After talking about Topic Overview, Reasons to implement and Value Drivers, it is time for „Challenges” in Business Intelligence. As it appears from Gleanster`s report, departments and divisions need to be convinced of the benefits of sharing information for analysis, rather than hoarding it for other advantage. „Data quality problems must be overcome before managers will have confidence in the analysis produced. And to produce better business decisions, the analysis must be focused on core business problems”, it is shown in the report. And, according to „BI Best Practices Brenchmark Report”, none of this is easy.
This is the Top 9 of challenging aspects:
1. Breaking down data / departmental silos.

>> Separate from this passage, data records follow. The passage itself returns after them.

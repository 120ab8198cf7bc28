//! What the checks find of a rule, as a report tells it.
ghost use Rattle.std.specs.Prelude.{◌≡◌, ◌<◌, List, Some, length, map, slice_get, slice_index_or, IfOk};
ghost use Rattle.lf_ast.specs.Rules.{RuleTree};
ghost use Rattle.lf_checks.specs.Files.{File};
ghost use Rattle.lf_checks.specs.views.Shown.{all_shown, place_of, shown};
ghost use Rattle.lf_judge.specs.Judged.{finding_in, finding_told};
ghost use Rattle.lf_judge.specs.views.AtHand.{ArePartRowsAt, IsReady, TellsFindingsAt, files_at, rules_of_hand};
ghost use Rattle.lf_judge.specs.views.Checking.{TellsEmpty};

use crate::at_hand::AtHand;
use crate::wording::{check_name, severity};
use lf_ast::Finding;
use lf_base::{Memory, Seq, Text};
use lf_checks::text_of;
use lf_classes::Row;
use lf_report::{Position, ReportedFinding, place_at};
use std::alloc::Global;

/// The findings of the rule with this number, by the rows of its expression and of all parts in it.
pub fn findings_by(
    alloc: Global,
    hand: &AtHand,
    number: u32,
    rows: Vec<Row>,
) -> Result<Seq<ReportedFinding>, Memory>
    requires ready { IsReady hand.now }
    requires rule { number < length hand.now.rules.now }
    requires rows { ArePartRowsAt hand.now number rows.items }
    ensures { IfOk result (TellsFindingsAt hand.now number) }
{
    let found = hand.checker.rule_by(alloc, number, rows)?;
    let told = each_told(alloc, hand, found.as_slice())?;
    Ok(told)
}

/// The findings of the rule with this number, and whether it is empty.
pub fn findings_and_emptiness(
    alloc: Global,
    hand: &AtHand,
    number: u32,
) -> Result<(Seq<ReportedFinding>, bool), Memory>
    requires ready { IsReady hand.now }
    requires rule { number < length hand.now.rules.now }
    ensures findings { IfOk result (λ told. TellsFindingsAt hand.now number told.0) }
    ensures empty { (r : RuleTree) → slice_get (rules_of_hand hand.now) number ≡ Some r → IfOk result (λ told. TellsEmpty (rules_of_hand hand.now) hand.now.env.now number r told.1) }
{
    let (found, empty) = hand.checker.rule_and_emptiness(alloc, number)?;
    let told = each_told(alloc, hand, found.as_slice())?;
    Ok((told, empty))
}

/// Findings as a report tells them.
fn each_told(
    alloc: Global,
    hand: &AtHand,
    found: &[Finding],
) -> Result<Seq<ReportedFinding>, Memory>
    requires { IsReady hand.now }
    ensures { IfOk result (λ told. map finding_in told ≡ map finding_told (all_shown (files_at hand.now) (rules_of_hand hand.now) found.now)) }
{
    let mut told = Seq::new(alloc);
    for finding in found {
        let place = other_place(alloc, hand, finding.other)?;
        told.push(finding_told(alloc, finding, place.as_str())?)?;
    }
    Ok(told)
}

/// A finding as a report tells it. `place` is where the name of the rule stands that it names.
fn finding_told(alloc: Global, finding: &Finding, place: &str) -> Result<ReportedFinding, Memory>
    ensures { (files : List File) (rules : List RuleTree) → place.now ≡ place_of files rules finding.now.other → IfOk result (λ told. finding_in told ≡ finding_told (shown files rules finding.now)) }
{
    let text = text_of(alloc, finding, place)?;
    Ok(ReportedFinding {
        check: check_name(finding.check),
        severity: severity(finding.check),
        span: finding.span,
        text,
    })
}

/// Where the name of the rule with a number stands, if there is such a rule: `FILE:LINE:COLUMN`, with the file's name as it is.
fn other_place(alloc: Global, hand: &AtHand, other: Option<u32>) -> Result<Text, Memory>
    requires { IsReady hand.now }
    ensures { IfOk result (λ place. place ≡ place_of (files_at hand.now) (rules_of_hand hand.now) other) }
{
    let Some(number) = other else {
        return Text::of(alloc, "");
    };
    let at = number as usize;
    if at >= hand.rules.len() {
        return Text::of(alloc, "");
    }
    let file = hand.rules.get(at).file as usize;
    let name = hand.files.get(file).name.as_str();
    place_at(alloc, name, position_at(hand.names, at))
}

/// The position with this number, counted from 0.
fn position_at(names: &[Position], number: usize) -> Position
    requires { number < length names.now }
    ensures { result ≡ slice_index_or names.now number result }
{
    names[number]
}
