fn run_on(alloc: Global, running: Running, n: u64, line: Line) -> Result<Stage, DumpRefused>
    ensures { Answers result (run_on running n line) }
{
    match line {
        Line::Under(number) => with_under(alloc, running, n, number),
        Line::Call(line) => with_call(alloc, running, n, line),
        Line::Answer(answer) => with_answer(running, n, answer),
        Line::Reply(reply) => with_reply(alloc, running, n, reply),
        other => Err(without(running, without(other, DumpRefused::Shape(n)))),
    }
}

// ---- any line

fn end_service(services: &mut DumpServices, service: DumpService) -> Result<Stage, DumpRefused>
    ensures { Answers (staying services.new result) (Ok (services.old ++ service ∷ [], Stage.Between)) }
{
    services.push(service)?;
    Ok(Stage::Between)
}

fn kept(
    alloc: Global,
    services: &mut DumpServices,
    service: DumpService,
    n: u64,
    line: Line,
) -> Result<Stage, DumpRefused>
    ensures { Answers (staying services.new result) (kept services.old service n line) }
{
    match line {
        Line::Program(program) => with_next_program(alloc, service, n, program),
        Line::Entry(line) => with_entry(alloc, service, n, line),
        Line::Row(cell) => with_row(service, n, cell),
        Line::End => end_service(services, service),
        other => Err(without(service, without(other, DumpRefused::Shape(n)))),
    }
}

/// Where the lines leave off with one more, and with a service more where it ends one.
pub(crate) fn next_stage(
    alloc: Global,
    services: &mut DumpServices,
    stage: Stage,
    n: u64,
    line: Line,
) -> Result<Stage, DumpRefused>
    ensures { Answers (staying services.new result) (step services.old stage n line) }
{
    match stage {
        Stage::Between => begun(services, n, line),
        Stage::Named(me) => headed(me, n, line),
        Stage::Headed(head) => prepared(alloc, head, n, line),
        Stage::Within(service) => kept(alloc, services, service, n, line),
        Stage::Runs(running) => run_on(alloc, running, n, line),
    }
}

- this was the top challenge cited by all companies surveyed.
- business units that have been accustomed to managing their own data may be reluctant to share it, even when that sharing is essential at the corporate level. Consolidating data from many databases can be a challenge, but it’s also one of the things BI tools are built for.
2. Integrating with CRM and other systems.
- much of the data that’ll be consumed by the BI system is likely to be found in packaged enterprise applications (ERP, CRM).
- an overarching BI strategy needs to address these integrated reporting tools and how they can be coordinated with the broader platform.
3. Achieving acceptable data quality.
- data quality needs to be high enough that all the most important broad measures of business performance are reflected in the BI system.
- once users of the system learn to doubt the accuracy of the information contained within it, winning back their trust will be extremely challenging.
4. Generating actionable insights.
- the data needs to be meaningful and suggest an appropriate course of action.
- this means working with different constituencies to understand what data they find most useful and the ways that they commonly act upon it.
5. Tracking and measuring success.
- measuring the success of a BI initiative requires imagination, but it’s essential to the program’s success.
- track progress in every area from data quality to user satisfaction with the answers they are getting.
6. Getting managers to use data over “gut instinct” decisions.
- managers who have been successful in the absence of good data may have trouble adjusting to its easy availability.
- unless data-driven decision making is integral to the corporate culture, many managers will continue to go with their gut instincts, even when the data says those instincts are wrong.
7. Securing the right organizational resources.
- to provide proper training or build a BI-competency center may mean hiring employees or consultants.
8. Deploying the right enabling technologies.
- besides securing the budget for purchases, determine which technologies will be most effective.
- balance risks versus rewards.
9. Making the business case in terms of ROI.
- Business Intelligence by itself does not improve business efficiency or profitability.
- anyway, selling or expanding a BI initiative requires a convincing argument, one that ultimately will translate into financial rewards.